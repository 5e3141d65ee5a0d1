//! Circuit ids, drawn one after the other.

use crate::hear::hand;
use crate::play::Play;
use crate::station::Station;
use lat_base::{Answer, Event, Memory, Name, OutBox, Payload};
use lat_frames::{CircuitEnd, write_stop};
use lat_script::{ScriptFault, answer_onto, name, number};
use std::alloc::Global;

// A STOP of source 0 to this circuit, for want of use.
fn stop(circuit: u16) -> Payload {
    let mut payload = Payload::empty();
    let reason = CircuitEnd::NoUse.bits();
    write_stop(false, false, circuit, 0, reason, &[], &mut payload);
    payload
}

impl<S: Station, N: Station> Play<S, N> {
    /// Connects line 1 so many times, and ends its circuit each time.
    pub fn draw(
        &mut self,
        alloc: Global,
        line: &str,
        text: &mut String,
    ) -> Result<(), ScriptFault> {
        let times = number(line, 1)?;
        let service = name(line, 2)?;
        let mut out = OutBox::make(alloc)?;
        let mut last = Answer::Done;
        for _ in 0..times {
            last = self.draw_one(alloc, service, &mut out)?;
        }
        Ok(answer_onto(alloc, text, &last)?)
    }

    fn draw_one(
        &mut self,
        alloc: Global,
        service: Name,
        out: &mut OutBox,
    ) -> Result<Answer, Memory> {
        out.clear();
        let answer = self
            .server
            .step(alloc, &Event::Connect { line: 1, service }, out)?;
        if let Answer::Connected { circuit, .. } = &answer {
            let from = self.node.own();
            hand(
                alloc,
                &mut self.server,
                from,
                stop(*circuit).bytes(),
                self.latest,
                out,
            )?;
        }
        Ok(answer)
    }
}
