/// Reaches all sets from the starts, at most `limit` of them, and finds the steps of all starts and sets.
///
/// # Errors
///
/// `TooManySets` if there are more. `Memory`.
pub(crate) fn explore(
    alloc: Global,
    spec: &Spec,
    positions: &PositionTable,
    limit: usize,
) -> Result<Explored, BuildFault>
    ensures room { IfOk result (λ explored. length explored.table.sets.items ≤ limit) }
    ensures few { IfErr result (λ e. e ≢ BuildFault.TooManyPositions) }
    ensures explored { (tree_of : Regex → Unfolded)
        → ArePositionsOf (spec_view spec.now) tree_of positions.now → IfOk result
        (λ explored. AreStatesOf (spec_view spec.now) tree_of positions.now explored) }
    ensures many { (tree_of : Regex → Unfolded)
        → ArePositionsOf (spec_view spec.now) tree_of positions.now → IfErr result (λ e.
        e ≡ BuildFault.TooManySets → HasMoreSets (spec_view spec.now)
        (numbered tree_of 0 (spec_view spec.now).rules) limit) }
{
    let mut table = empty_table(alloc);
    let mut targets = Vec::new(alloc);
    'starts: for condition in 0..spec.conditions.len() {
        let number = condition as u16;
        add_start(
            alloc,
            spec,
            positions,
            number,
            false,
            &mut table,
            &mut targets,
            limit,
        )?;
        add_start(
            alloc,
            spec,
            positions,
            number,
            true,
            &mut table,
            &mut targets,
            limit,
        )?;
    }
    let rules_at = rules_by_position(alloc, &positions.parts, positions.total)?;
    let mut marks = clear_flags(alloc, positions.total)?;
    let mut reads = clear_flags(alloc, positions.total)?;
    let mut matched = Vec::new(alloc);
    'sets: while matched.len() < table.sets.len() {
        let number = matched.len();
        let found = add_set_row(
            alloc,
            positions,
            &rules_at,
            number,
            &mut marks,
            &mut reads,
            &mut table,
            &mut targets,
            limit,
        )?;
        matched.push(found)?;
    }
    Ok(Explored {
        table,
        targets,
        matched,
    })
}
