// The laws of gate lists, shown of the definitions that the contracts cite.
ghost use Rattle.std.specs.Prelude.{◌≡◌};
ghost use Rattle.gate_list.specs.Laws.{Laws};

// Answers how many laws stand.
pub fn laws_stand() -> u8
    ensures { (result ≡ 2) × (Laws) }
{
    2
}
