// A gate list: it writes each gate down as it is applied.
#![tactic(auto)]

pub mod laws;

ghost use Rattle.std.specs.Prelude.{◌≡◌, ◌≤◌, take, Some};
ghost use Rattle.std.specs.Option.{option_map};
ghost use Rattle.std.specs.List.{slice_get};
ghost use Rattle.target.specs.Interface.{all_codes, numbers_of};
ghost use Rattle.target.proofs.CodeLaws.{all_coded};
ghost use Rattle.gate_list.specs.GateList.{State as ListState, emptied, lengthened, list_view, met_of, met_words, recorded, room as room_of, seats_of};
ghost use Rattle.gate_list.specs.GateListLaws.{swaps};

use basics::gate::Gate;
use basics::numbers::Wire;
use basics::refusal::Refusal;
use std::fmt;
use target::interface::Target;
use target::usage::Usage;

// A gate with its wires in the order of its seats; behind them stands wire 0. The gate says how many there are,
// which a list of wires would say again.
#[derive(Clone, Copy, PartialEq, Eq)]
pub struct Applied {
    pub gate: Gate,
    pub wires: [Wire; 3],
}

impl Applied {
    // The wires at the gate's seats.
    pub fn seats(&self) -> &[Wire]
        ensures { numbers_of result.now ≡ (met_of self.now).wires }
    {
        match self.gate.arity() {
            1 => &self.wires[..1],
            2 => &self.wires[..2],
            _ => &self.wires,
        }
    }
}

// The gate's word and its wires.
impl fmt::Display for Applied {
    ghost output = { λ a. Some (met_words (met_of a)) };

    fn fmt<W: fmt::Write>(&self, f: &mut fmt::Formatter<W>) -> fmt::Result {
        let gate = self.gate;
        let [Wire(a), Wire(b), Wire(c)] = self.wires;
        match gate.arity() {
            1 => write!(f, "{gate} {a}"),
            2 => write!(f, "{gate} {a} {b}"),
            _ => write!(f, "{gate} {a} {b} {c}"),
        }
    }
}

// The records that the maker handed over. The first of them, as many as the usage counts, hold the gates since begin.
// A count beside them, and no pushes: the list is promised to have the records that were handed over, however many of them
// hold gates.
#[derive(Drop)]
pub struct GateList {
    records: Vec<Applied>,
    usage: Usage,
    given: u32,
    ones: u32,
    ghost few: { usage.count ≤ room_of records.items },
}

// The wires of a record: these, and then wire 0. No gate has more than three.
fn seats(wires: &[Wire]) -> [Wire; 3]
    ensures { result ≡ seats_of wires.now }
{
    match wires {
        [] => [Wire(0); 3],
        [a] => [*a, Wire(0), Wire(0)],
        [a, b] => [*a, *b, Wire(0)],
        [a, b, c, ..] => [*a, *b, *c],
    }
}

impl GateList {
    // A list that writes into these records; no wire is in use.
    pub fn new(records: Vec<Applied>) -> GateList
        ensures items { result.records.items ≡ records.items }
        ensures count { result.usage.count ≡ 0 }
        ensures used { result.usage.used ≡ 0 }
        ensures given { result.given ≡ 0 }
        ensures ones { result.ones ≡ 0 }
    {
        GateList {
            records,
            usage: Usage { used: 0, count: 0 },
            given: 0,
            ones: 0,
        }
    }

    // Record i of those since begin; from their number on there is none.
    pub fn record(&mut self, i: usize) -> Option<Applied>
        ensures value { result ≡ slice_get (take self.old.usage.count self.old.records.items) i }
        ensures met { option_map met_of result ≡ slice_get (recorded self.old.records.items self.old.usage.count) i }
        ensures same { self.new ≡ self.old }
    {
        self.records[..self.usage.count as usize].get(i).copied()
    }

    // The number of gates since begin.
    pub fn count(&mut self) -> u32
        ensures value { result ≡ self.old.usage.count }
        ensures same { self.new ≡ self.old }
    {
        self.usage.count
    }

    // How many gates the records take.
    fn room(&self) -> u32
        ensures { result ≡ room_of self.now.records.items }
    {
        self.records.len().min(65_535) as u32
    }
}

impl Target for GateList {
    const CODES: u16 = 0b1_1111_1110;

    ghost CODES = { 510 };

    ghost State = { ListState };

    ghost view = { λ t. list_view t.records.items t.usage.count t.usage.used t.given t.ones };

    ghost taken = { all_codes };

    ghost begun = { emptied };

    ghost applied = { lengthened };

    ghost commutes = { λ s used f g vs ws tf tg sf sg apart. swaps s f g vs ws apart };

    ghost coded = { all_coded };

    fn width(&mut self) -> u8 {
        32
    }

    fn capacity(&mut self) -> u32 {
        self.room()
    }

    fn begin(&mut self, used: u32, given: u32, ones: u32) -> Result<(), Refusal> {
        self.usage = Usage::begun(32, used, given, ones)?;
        self.given = given;
        self.ones = ones;
        Ok(())
    }

    fn apply(&mut self, gate: Gate, wires: &[Wire]) -> Result<(), Refusal> {
        let usage = self
            .usage
            .applied(Self::takes(gate), self.room(), gate, wires)?;
        self.records[self.usage.count as usize] = Applied {
            gate,
            wires: seats(wires),
        };
        self.usage = usage;
        Ok(())
    }
}
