// The batch program on aircraft that cross north between turns, both ways.
#![tactic(auto)]

fn main(rt: HostRuntime) {
    batchrun::run_file(&rt);
}
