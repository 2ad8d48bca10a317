// A sector's score sheet: due tracks in slot order, reports in batch order.
#![tactic(auto)]

ghost use Rattle.std.specs.Prelude.{◌≡◌, ◌++◌, map, ◌+◌, ◌*◌, ◌<◌, length, drop};
ghost use Rattle.intake.specs.Refusals.{input, input_in, Ready};
ghost use Rattle.scoresheet.specs.Cells.{cell_of, pair_cell, cells_of};
ghost use Rattle.scoresheet.specs.Call.{sheeted_of, sheet_after};
ghost use Rattle.scoresheet.specs.Ready.{RowReady, RowsReady};

use intake::{Call, Refusal};
use records::{Site, Track};

// How many due tracks a sheet has, and how many reports.
#[derive(Clone, Copy, Debug, PartialEq, Eq)]
pub struct Size {
    pub tracks: usize,
    pub reports: usize,
}

#[tactic(auto, unfolding(crate::specs::Cells::cell_of))]
fn cell(s: Option<u32>) -> u32
    ensures { result ≡ cell_of s }
{
    s.unwrap_or(matching::NONE)
}

// The row of a track, a cell a report.
fn fill_row(t: Track, site: Site, batch: &[[u8; records::REPORT_BYTES]], row: &mut [u32])
    requires { RowReady t batch.now row.old }
    ensures { row.new ≡ map (pair_cell t site) batch.now }
{
    // By index: of what a loop over iter_mut().zip(..) wrote, a proof knows nothing.
    for (j, report) in batch.iter().enumerate() {
        let p = records::unpack_report(*report);
        row[j] = cell(scoring::score(t, p, site));
    }
}

// The rows of the due tracks, one behind the other.
pub fn fill_rows(table: &[[u8; records::SLOT_BYTES]], call: Call, due: &[usize], sheet: &mut [u32])
    requires ready { Ready (input_in table.now call) }
    requires rows_ready { RowsReady (input_in table.now call) due.now sheet.old }
    ensures { sheet.new ≡ cells_of (input_in table.now call.entry) ++ drop (length due.now * length call.entry.batch.now) sheet.old }
{
    let reports = call.batch.len();
    // No chunks_exact_mut: a batch may be empty, and a chunk may not.
    for (rank, k) in due.iter().enumerate() {
        let slot = table[*k];
        let from = rank * reports;
        let to = from + reports;
        fill_row(
            records::unpack(slot),
            call.site,
            call.batch,
            &mut sheet[from..to],
        );
    }
}

// The public call: refused by 1 to 9, and then nothing is written; else the sheet's cells, and no more.
pub fn score_sheet(
    table: &[[u8; records::SLOT_BYTES]],
    sector: u8,
    site: Site,
    batch: &[[u8; records::REPORT_BYTES]],
    sheet: &mut [u32],
) -> Result<Size, Refusal>
    ensures answer { result ≡ sheeted_of (input table.now sector site batch.now) sheet.old }
    ensures sheet_after { sheet.new ≡ sheet_after (input table.now sector site batch.now) sheet.old }
{
    let call = Call {
        sector,
        site,
        batch,
    };
    let mut due = intake::blank_due();
    let tracks = intake::take_in(table, call, &mut due)?;
    let reports = batch.len();
    if sheet.len() < tracks * reports {
        return Err(Refusal::NoRoom);
    }
    fill_rows(table, call, &due[..tracks], sheet);
    Ok(Size { tracks, reports })
}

____

» Work to complete
Give only the number of lines above that hold the string "other".

» Answer section
2